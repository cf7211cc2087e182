// A river played from the start.
ghost use Rattle.std.specs.Prelude.{◌≡◌, true, IfOk};
ghost use Rattle.sums.specs.Sums.{gauges_fine};
ghost use Rattle.sums.specs.Readings.{as_gauges};
ghost use Rattle.machine.specs.Entry.{own};
ghost use Rattle.machine.specs.Run.{new_world};
ghost use Rattle.promise.specs.Promise.{Safe};
ghost use Rattle.world.specs.Tallies.{none_counted, all_counted};
ghost use Rattle.world.specs.Worlds.{as_world};
ghost use Rattle.play.specs.Plays.{unrolled, played};

use river::Item;
use std::alloc::{AllocError, Global};
use sums::Reading;
use world::World;

// The world after all these items, from the start, and each act of it counted once. Nothing is at fault in it, and every row on its wall is right.
pub fn play(heap: Global, gauges: &[Vec<Reading>], items: &[Item]) -> Result<World, AllocError>
    ensures world { IfOk result (λ w. as_world w ≡ played (as_gauges gauges.now) items.now) }
    ensures counts { IfOk result (λ w. w.tally.counts ≡ all_counted (as_gauges gauges.now) (new_world own) (unrolled items.now) none_counted) }
    ensures right { IfOk result (λ w. gauges_fine (as_gauges gauges.now) ≡ true → Safe (as_gauges gauges.now) (as_world w)) }
{
    let mut world = World::new(heap)?;
    for item in items {
        world.happen(heap, gauges, *item)?;
    }
    Ok(world)
}
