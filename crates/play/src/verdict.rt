// What is to be said of a river that was played.
ghost use Rattle.std.specs.Prelude.{◌≡◌, ◌↔◌, true, IfOk, IfErr, Some, vec_len};
ghost use Rattle.sums.specs.Readings.{as_gauges};
ghost use Rattle.sums.specs.Sums.{all_told};
ghost use Rattle.rows.specs.Walls.{TooMuch, as_wall, wrong_rows};
ghost use Rattle.world.specs.Worlds.{as_world};
ghost use Rattle.play.specs.Verdicts.{AreUntold, verdict_of, said_of};

use rows::{Comparison, WallError};
use std::alloc::Global;
use std::fmt;
use sums::Reading;
use world::World;

#[derive(Clone, Copy, PartialEq, Eq, Debug)]
pub enum Verdict {
    // A machine did what there is not.
    Fault,
    // A row that is not right is on the wall.
    Wrong,
    // Something that is to be told was not.
    Untold,
    Right,
}

impl fmt::Display for Verdict {
    ghost output = { λ v. Some (said_of v) };

    fn fmt<W: fmt::Write>(&self, f: &mut fmt::Formatter<W>) -> fmt::Result {
        f.write_str(match self {
            Verdict::Fault => "a machine is at fault",
            Verdict::Wrong => "what is told is wrong",
            Verdict::Untold => "what is told is right, and not all is told",
            Verdict::Right => "what is told is right, and all is told",
        })
    }
}

// A verdict, and what it rests on.
#[derive(Drop)]
pub struct Judgement {
    pub verdict: Verdict,
    pub comparison: Comparison,
}

// The world that was played, beside what the gauges read.
pub fn judge(heap: Global, gauges: &[Vec<Reading>], world: &World) -> Result<Judgement, WallError>
    ensures wrong { IfOk result (λ j. j.comparison.wrong ≡ wrong_rows (as_gauges gauges.now) (as_world world.now).told) }
    ensures untold { IfOk result (λ j. AreUntold (as_gauges gauges.now) (as_world world.now).told (as_wall j.comparison.untold.items)) }
    ensures none_untold { IfOk result (λ j. (vec_len j.comparison.untold ≡ 0) ↔ (all_told (as_gauges gauges.now) (as_world world.now).told ≡ true)) }
    ensures verdict { IfOk result (λ j. j.verdict ≡ verdict_of (as_gauges gauges.now) (as_world world.now)) }
    ensures refused { IfErr result (λ e. TooMuch (as_gauges gauges.now) e) }
{
    let comparison = rows::compare(heap, gauges, world.told.as_slice())?;
    let verdict = if world.fault {
        Verdict::Fault
    } else if comparison.wrong > 0 {
        Verdict::Wrong
    } else if comparison.untold.is_empty() {
        Verdict::Right
    } else {
        Verdict::Untold
    };
    Ok(Judgement {
        verdict,
        comparison,
    })
}
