// Rivers played whole, written out, struck and judged.
#![tactic(auto)]

pub mod course;
mod playing;
pub mod score;
pub mod trials;
pub mod verdict;

pub use course::{StrikeError, plain, round, struck};
pub use playing::play;
pub use score::{Ratio, acts_of, strokes_of, told_again};
pub use trials::{Outcome, Score, count_readings, trial};
pub use verdict::{Judgement, Verdict, judge};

**THE TASK:** Transcribe the records above exactly, from the opening line down to and including the line with "use std::alloc::Global;".

**ANSWER TO THIS TASK:**
repository cf7211cc2087e182
// A river played from the start.
ghost use Rattle.std.specs.Prelude.{◌≡◌, true, IfOk};
ghost use Rattle.sums.specs.Sums.{gauges_fine};
ghost use Rattle.sums.specs.Readings.{as_gauges};
ghost use Rattle.machine.specs.Entry.{own};
ghost use Rattle.machine.specs.Run.{new_world};
ghost use Rattle.promise.specs.Promise.{Safe};
ghost use Rattle.world.specs.Tallies.{none_counted, all_counted};
ghost use Rattle.world.specs.Worlds.{as_world};
ghost use Rattle.play.specs.Plays.{unrolled, played};

use river::Item;
use std::alloc::{AllocError, Global};
use sums::Reading;
use world::World;

// The world after all these items, from the start, and each act of it counted once. Nothing is at fault in it, and every row on its wall is right.
pub fn play(heap: Global, gauges: &[Vec<Reading>], items: &[Item]) -> Result<World, AllocError>
    ensures world { IfOk result (λ w. as_world w ≡ played (as_gauges gauges.now) items.now) }
    ensures counts { IfOk result (λ w. w.tally.counts ≡ all_counted (as_gauges gauges.now) (new_world own) (unrolled items.now) none_counted) }
    ensures right { IfOk result (λ w. gauges_fine (as_gauges gauges.now) ≡ true → Safe (as_gauges gauges.now) (as_world w)) }
{
    let mut world = World::new(heap)?;
    for item in items {
        world.happen(heap, gauges, *item)?;
    }
    Ok(world)
}
filename crates/play/src/verdict.rt
// What is to be said of a river that was played.
ghost use Rattle.std.specs.Prelude.{◌≡◌, ◌↔◌, true, IfOk, IfErr, Some, vec_len};
ghost use Rattle.sums.specs.Readings.{as_gauges};
ghost use Rattle.sums.specs.Sums.{all_told};
ghost use Rattle.rows.specs.Walls.{TooMuch, as_wall, wrong_rows};
ghost use Rattle.world.specs.Worlds.{as_world};
ghost use Rattle.play.specs.Verdicts.{AreUntold, verdict_of, said_of};

use rows::{Comparison, WallError};
use std::alloc::Global;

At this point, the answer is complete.